The first case has been proven to be true for an infinite number of
exponents by Adelman, Frey, et. al. using a generalization of the
Sophie Germain criterion
Second Case:
It has been proven true up to n = 150,000 by Tanner & Wagstaff. The
work used new techniques for computing Bernoulli numbers mod p and
improved upon work of Vandiver. The work involved computing the
irregular primes up to 150,000. FLT is true for all regular primes
by a theorem of Kummer. In the case of irregular primes, some
additional computations are needed.
UPDATE :
Fermat's Last Theorem has been proved true up to exponent 4,000,000
in the general case. The method used was essentially that of Wagstaff:
enumerating and eliminating irregular primes by Bernoulli number
computations. The computations were performed on a set of NeXT
computers by Richard Crandall et al.
Since the genus of the curve a^n + b^n = 1, is greater than or equal
to 2 for n > 3, it follows from Mordell's theorem [proved by
Faltings], that for any given n, there are at most a finite number
of solutions.
Conjectures
-----------
There are many open conjectures that imply FLT. These conjectures
come from different directions, but can be basically broken into
several classes: (and there are interrelationships between the
classes)
(a) conjectures arising from Diophantine approximation theory such
as the ABC conjecture, the Szpiro conjecture, the Hall conjecture,
etc.
For an excellent survey article on these subjects see the article
by Serge Lang in the Bulletin of the AMS, July 1990 entitled
"Old and new conjectured diophantine inequalities".
Masser and Osterle formulated the following known as the ABC
conjecture:
Given epsilon > 0, there exists a number C(epsilon) such that for
any set of non-zero, relatively prime integers a,b,c such that
a+b = c we have
max( |a|, |b|, |c|) <= C(epsilon) N(abc)^(1 + epsilon)
where N(x) is the product of the distinct primes dividing x.
It is easy to see that it implies FLT asymptotically. The conjecture
was motivated by a theorem, due to Mason that essentially says the
ABC conjecture IS true for polynomials.
The ABC conjecture also implies Szpiro's conjecture [and vice-versa]
and Hall's conjecture. These results are all generally believed to
be true.
There is a generalization of the ABC conjecture [by Vojta] which is
too technical to discuss but involves heights of points on
non-singular algebraic varieties . Vojta's conjecture also implies
Mordell's theorem [already known to be true]. There are also a
number of inter-twined conjectures involving heights on elliptic
curves that are related to much of this stuff.
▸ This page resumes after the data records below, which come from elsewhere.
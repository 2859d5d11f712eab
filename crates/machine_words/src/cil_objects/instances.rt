//! New objects.

ghost use Rattle.std.specs.Prelude.{◌≡◌, IfOk};
ghost use Rattle.rules.specs.step_rules.Objects.{new_instance};

use crate::cil_queries::Answers;
use crate::cil_stores::zero_cells;
use il_base::NoMemory;
use il_base::cil_values::Obj;
use il_base::world_model::TypeExpr;
use std::alloc::Global;

/// An instance of a class, each cell as it is at first.
pub fn new_instance<Q: Answers>(alloc: Global, q: &Q, ty: &TypeExpr) -> Result<Obj, NoMemory>
    ensures { IfOk result (λ o. o ≡ new_instance (Q.queries q.now) ty.now) }
{
    let of = ty.copy(alloc)?;
    let cells = zero_cells(alloc, q, ty)?;
    Ok(Obj::Instance { of, cells })
}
For a more complete
discussion, see Lang's article.
(b) conjectures arising from the study of elliptic curves and
modular forms. -- The Taniyama-Weil-Shmimura conjecture.
There is a very important and well known conjecture known as the
Taniyama-Weil-Shimura conjecture that concerns elliptic curves.
This conjecture has been shown by the work of Frey, Serre, Ribet,
et. al. to imply FLT uniformly, not just asymptotically as with the
ABC conj.
The conjecture basically states that all elliptic curves can be
parameterized in terms of modular forms.
There is new work on the arithmetic of elliptic curves. Sha, the
Tate-Shafarevich group on elliptic curves of rank 0 or 1. By the way
an interesting aspect of this work is that there is a close
connection between Sha, and some of the classical work on FLT. For
example, there is a classical proof that uses infinite descent to
prove FLT for n = 4. It can be shown that there is an elliptic curve
associated with FLT and that for n=4, Sha is trivial. It can also be
shown that in the cases where Sha is non-trivial, that
infinite-descent arguments do not work; that in some sense 'Sha
blocks the descent'. Somewhat more technically, Sha is an
obstruction to the local-global principle [e.g. the Hasse-Minkowski
theorem].
(c) Conjectures arising from some conjectured inequalities involving
Chern classes and some other deep results/conjectures in arithmetic
algebraic geometry.
I can't describe these results since I don't know the math. Contact
Barry Mazur [or Serre, or Faltings, or Ribet, or ...]. Actually the
set of people who DO understand this stuff is fairly small.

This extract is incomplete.